Research Project

Campus Autonomous Robot Tours (CART)

Abstract 

To explore remote environments, teleoperated rovers can be deployed to survey terrain in hard to access locations. This project investigates the challenges of developing an unmanned ground vehicle system for autonomy assisted teleoperation. This proposed project is to develop the Campus Autonomous Robot Tours (CART) rover system. CART is motivated by JPL Team CoSTAR and the NeBula autonomy solution deployed on robot teams in the DARPA Subterranean Challenge. CART will be developed to use autonomy software for teleoperation in urban environments from a base station interface. The CART system will be developed to operate with tour guide personnel to provide remote interactive tours of the university campus. The rover will be designed with perception, autonomy, wireless communication, teleoperation, and safety systems for operation around pedestrians. CART will use lidar sensors to collect data for obstacle avoidance autonomy while mapping the environment. To enhance the interactive experience the rover will use cameras to provide visual information on points of interest surrounding the rover during teleoperation. The rover will employ an inertial navigation system for waypoint navigation between points of interest. Operating CART in an urban environment will be used to address the challenges of teleoperation, inertial navigation, and wireless communication in densely structed terrain. Tour participant interaction with the rover perception and navigation systems through the base station interface will be used to gain insight into trust in autonomy. CART will function as a primary rover asset with teleoperation for remote data collection and communication during field operations.

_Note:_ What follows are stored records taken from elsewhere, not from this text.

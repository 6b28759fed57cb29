//! Monitors that are handed in: each is dropped once, whatever the words and the files, and sees
//! just the firings that a replay accepts; and those that are lent have seen them.
ghost use Rattle.std.specs.Prelude.{codes};

use crate::bench::{Bench, WIDE};
use crate::nets::{DEAD_LOOP, LOOP};
use std::alloc::Global;
use std::cell::Cell;
use std::rc::Rc;
use std::test::Fail;
use teg_outside::{Firing, FiringCount, Monitor, OutOfMemory};
use teg_run::Status;

// Adds to the shared count 1 when it is dropped, and 1,000 for each firing that it sees.
struct Counter {
    count: Rc<Cell<u32>>,
}

impl Drop for Counter {
    fn drop(self) {
        self.count.set(self.count.get().saturating_add(1));
        let Counter { count: _ } = self;
    }
}

impl Monitor for Counter {
    ghost line_text = { λ m firings. codes "counted" };

    fn see(&mut self, _firing: Firing) {
        self.count.set(self.count.get().saturating_add(1000));
    }

    fn line(&self, alloc: Global) -> Result<String, OutOfMemory> {
        Ok(String::from_str(alloc, "counted")?)
    }
}

// The most bytes of a file.
const MOST_BYTES: usize = 4_194_304;

const LOG: &str = "a,0\nb,3\na,5\n";

// The words of each command.
const COMMANDS: [&[&str]; 18] = [
    &["check", "net"],
    &["list", "net", "3"],
    &["form", "net"],
    &["cycle", "net"],
    &["dates", "net"],
    &["date", "net", "a", "3"],
    &["jit", "net", "second"],
    &["calc", "e"],
    &["slack", "net"],
    &["transfer", "net"],
    &["trial", "1"],
    &["migrate", "net"],
    &["forever", "net", "second"],
    &["size", "net", "ba", "3/1"],
    &["timetable", "net", "6", "second"],
    &["bound", "net"],
    &["replay", "net", "second"],
    &["check"],
];

// A monitor that adds to the count.
fn counter_of(alloc: Global, count: &Rc<Cell<u32>>) -> Result<Vec<Box<dyn Monitor>>, Fail> {
    let counter = Counter {
        count: count.clone()?,
    };
    let mut monitors: Vec<Box<dyn Monitor>> = Vec::new(alloc);
    monitors.push(Box::new(alloc, counter)?)?;
    Ok(monitors)
}

// The count after the call with a monitor that adds to it.
fn count_after(alloc: Global, bench: &mut Bench, count: &Rc<Cell<u32>>) -> Result<u32, Fail> {
    let monitors = counter_of(alloc, count)?;
    let _ending = bench.run(alloc, monitors);
    Ok(count.get())
}

// The same from 0 on.
fn counted_from_zero(alloc: Global, bench: &mut Bench) -> Result<u32, Fail> {
    let count = Rc::new(alloc, Cell::new(0u32))?;
    count_after(alloc, bench, &count)
}

// The same of a call with these words on these files, of which this read fails.
fn counted(
    alloc: Global,
    words: &[&str],
    files: (&[u8], &[u8]),
    failing: u64,
) -> Result<u32, Fail> {
    let mut bench = Bench::new(alloc, words, files, &[failing], WIDE)?;
    counted_from_zero(alloc, &mut bench)
}

// Whether each command on these files leaves the count at 1, but for a replay.
fn are_counted(
    alloc: Global,
    files: (&[u8], &[u8]),
    failing: u64,
    replayed: u32,
) -> Result<bool, Fail> {
    for words in COMMANDS {
        let is_replay = words.contains(&"replay");
        let wanted = if is_replay { replayed } else { 1 };
        if counted(alloc, words, files, failing)? != wanted {
            return Ok(false);
        }
    }
    Ok(true)
}

// A net, a second file, which read fails, and the count after a replay.
const FILES: [(&str, &str, u64, u32); 10] = [
    (LOOP, "", 0, 1),
    (LOOP, LOG, 0, 3001),
    // a log with a faulty row, one with a row too early
    (LOOP, "a,0\nb,3\nc,5\n", 0, 1),
    (LOOP, "a,0\nb,3\na,4\n", 0, 2001),
    // a net that is no TOML, no net, not live
    ("[[", LOG, 0, 1),
    ("", LOG, 0, 1),
    (DEAD_LOOP, LOG, 0, 1),
    // a read that fails: the first, the second, and one that does not come
    (LOOP, LOG, 1, 1),
    (LOOP, LOG, 2, 1),
    (LOOP, LOG, 3, 3001),
];

// Whether the monitors are dropped once, and see nothing, where the net or the log is this.
fn are_counted_with(alloc: Global, long: &[u8]) -> Result<bool, Fail> {
    Ok(
        are_counted(alloc, (LOOP.as_bytes(), long), 0, 1)?
            && are_counted(alloc, (long, LOG.as_bytes()), 0, 1)?,
    )
}

// The same where it is too long.
fn are_long_files_counted(alloc: Global) -> Result<bool, Fail> {
    let long = vec![in alloc; b'#'; MOST_BYTES + 1]?;
    are_counted_with(alloc, &long)
}

#[test]
fn monitors_are_dropped_once_and_see_what_is_accepted(rt: HostRuntime) -> Result<(), Fail> {
    for (net, second, failing, replayed) in &FILES {
        let files = (net.as_bytes(), second.as_bytes());
        let are_counted = are_counted(rt.alloc(), files, *failing, *replayed)?;
        assert!(rt; are_counted, "{net} {second} {failing}");
    }
    assert!(rt; are_long_files_counted(rt.alloc())?);
    Ok(())
}

// Whether a replay whose third firing comes too early is refused, and the monitors that were lent to
// it have seen the two before.
fn have_seen(
    alloc: Global,
    bench: &mut Bench,
    monitors: &mut [Box<dyn Monitor>],
) -> Result<bool, Fail> {
    if bench.serve(alloc, monitors) != Status::Log {
        return Ok(false);
    }
    for monitor in monitors.iter() {
        if monitor.line(alloc)?.as_str() != "firings 2" {
            return Ok(false);
        }
    }
    Ok(true)
}

// The same of a monitor that counts firings.
fn has_seen(alloc: Global, bench: &mut Bench) -> Result<bool, Fail> {
    let mut monitors: Vec<Box<dyn Monitor>> = Vec::new(alloc);
    monitors.push(Box::new(alloc, FiringCount::new())?)?;
    have_seen(alloc, bench, &mut monitors)
}

// The same of a bench of its own.
fn are_lent(alloc: Global) -> Result<bool, Fail> {
    let files = (LOOP.as_bytes(), b"a,0\nb,3\na,4\n".as_slice());
    let mut bench = Bench::new(alloc, &["replay", "net", "second"], files, &[], WIDE)?;
    has_seen(alloc, &mut bench)
}

#[test]
fn monitors_are_lent(rt: HostRuntime) -> Result<(), Fail> {
    assert!(rt; are_lent(rt.alloc())?);
    Ok(())
}
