//! Texts of the calculator that mean one series. Texts with their answers, series at the limits and
//! the deepest trees are rows of `tools/rows`, in `calc.rows` and `series.rows`.
use crate::bench::{Bench, WIDE};
use std::alloc::Global;
use std::test::Fail;
use teg_run::Status;

// Two texts each that mean one series. Those of the first have long lists of few pieces.
const PIECES: [(&str, &str); 5] = [
    ("g2000d7.g2000d5", "g4000d12"),
    ("left(g600d7,g1200d12)", "g600d5"),
    (
        "(star(g2d3)+g3000d6000).(star(g2d3)+g3000d6000)",
        "star(g2d3)+g3000d6000.star(g2d3)+g6000d12000",
    ),
    (
        "left(star(g1d1)+g3000d4500,star(g1d1)+g3000d4500)",
        "e+g1500d0.star(g1d1)",
    ),
    ("star(star(g1d1)+g4500d0.never)", "star(g1d1)+g4500d0.never"),
];

// A bench at which a text is worked out.
fn bench_of(alloc: Global, text: &str) -> Result<Bench, Fail> {
    Bench::new(alloc, &["calc", text], (b"", b""), &[], WIDE)
}

// Whether the text is answered by this line.
fn is_answered(alloc: Global, text: &str, line: &[u8]) -> Result<bool, Fail> {
    let mut bench = bench_of(alloc, text)?;
    Ok(bench.run(alloc, Vec::new(alloc)) == Status::Done && bench.written() == line)
}

// Whether the answer is a series, and that of the other text too.
fn is_answer_of(alloc: Global, bench: &mut Bench, other: &str) -> Result<bool, Fail> {
    let is_done = bench.run(alloc, Vec::new(alloc)) == Status::Done;
    let line = bench.written();
    Ok(is_done && line.starts_with(b"series ") && is_answered(alloc, other, line)?)
}

// Whether both texts are answered by one series.
fn are_equal(alloc: Global, first: &str, second: &str) -> Result<bool, Fail> {
    let mut bench = bench_of(alloc, first)?;
    is_answer_of(alloc, &mut bench, second)
}

#[test]
fn lists_of_few_pieces(rt: HostRuntime) -> Result<(), Fail> {
    for (first, second) in &PIECES {
        assert!(rt; are_equal(rt.alloc(), first, second)?, "{first}");
    }
    Ok(())
}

Motivation/Research Problem
Autonomous unmanned ground vehicles (UGVs) are used in missions ranging from industrial inspection to terrestrial and space exploration. A UGV can be deployed as an independent unit to perform a mission or operate alongside other UGVs as part of a robot team to benefit from multiple robots working together to complete a cooperative task. A UGV capable of carrying a payload containing a multitude of sensor, data processing, and communications equipment can serve as a primary rover hub for long range exploratory missions within a robot or human-robot team. A UGV equipped with teleoperation, autonomous obstacle avoidance and satellite-aided navigation can operate in dynamic environments while providing perception sensor data to a base station for remote operation with human oversight. One example of a UGV system is the Campus Autonomous Robot Tours (CART) project which is focused on developing a system to deliver remote virtual campus tours to visitors through the eyes of a robotic rover.
Research Team
Lead Researchers:

  • Amiel Hartman, Mechanical Engineering
  • Nhut Ho, Mechanical Engineering
  • Ashley Geng, Electrical and Computer Engineering
  • Li Liu, Computer Science
  • Joe Bautista, Art + Design

Collaborator:

  • Ali-akbar Agha-mohammadi, JPL collaborator

Student Team

  • M. Fadhil Ginting
  • Coulson Aquirre
  • Kyle Strickland
  • CART student team, from Systems Engineering Research Laboratory (SERL) senior design projects and ME 486 senior design course

Funding

  • Funding Organization: NASA
  • Funding Program: MIRO
Alignment, Engagement and Contributions to the priorities of NASA’s Mission Directorates
JPL team CoSTAR uses the NeBula autonomy solution on wheeled and legged UGVs to participate in the DARPA subterrain (SubT) challenge for research tasks aligned with robot teaming and exploration on NASA space missions. In collaboration with JPL, the CART project aims to develop a UGV system that can showcase robotics technology to the university community by providing interactive tours of the campus and serve a research platform for autonomy assisted teleoperation. Dense urban environments are challenging scenarios for wireless communication in the absence of a network infrastructure and can suffer from latency or bandwidth limitations. However, live data streaming to a ground control station for display and teleoperation is desirable for an interactive tour guide system. UGV missions in dynamic environments with pedestrians requires autonomous obstacle avoidance and fault tolerant safety systems to avoid undesirable collisions.
Research Questions and Research Objectives
How do we use a robot platform to create a live, interactive, virtual tour that is engaging for visitors to the university and ARCS? How do we integrate the robot tour guide system into the existing infrastructure for tours at the university? How do we integrate the interactive tour display into the ARCS gallery space to showcase robotics technology? How do we safely implement teleoperation with autonomy in an urban environment?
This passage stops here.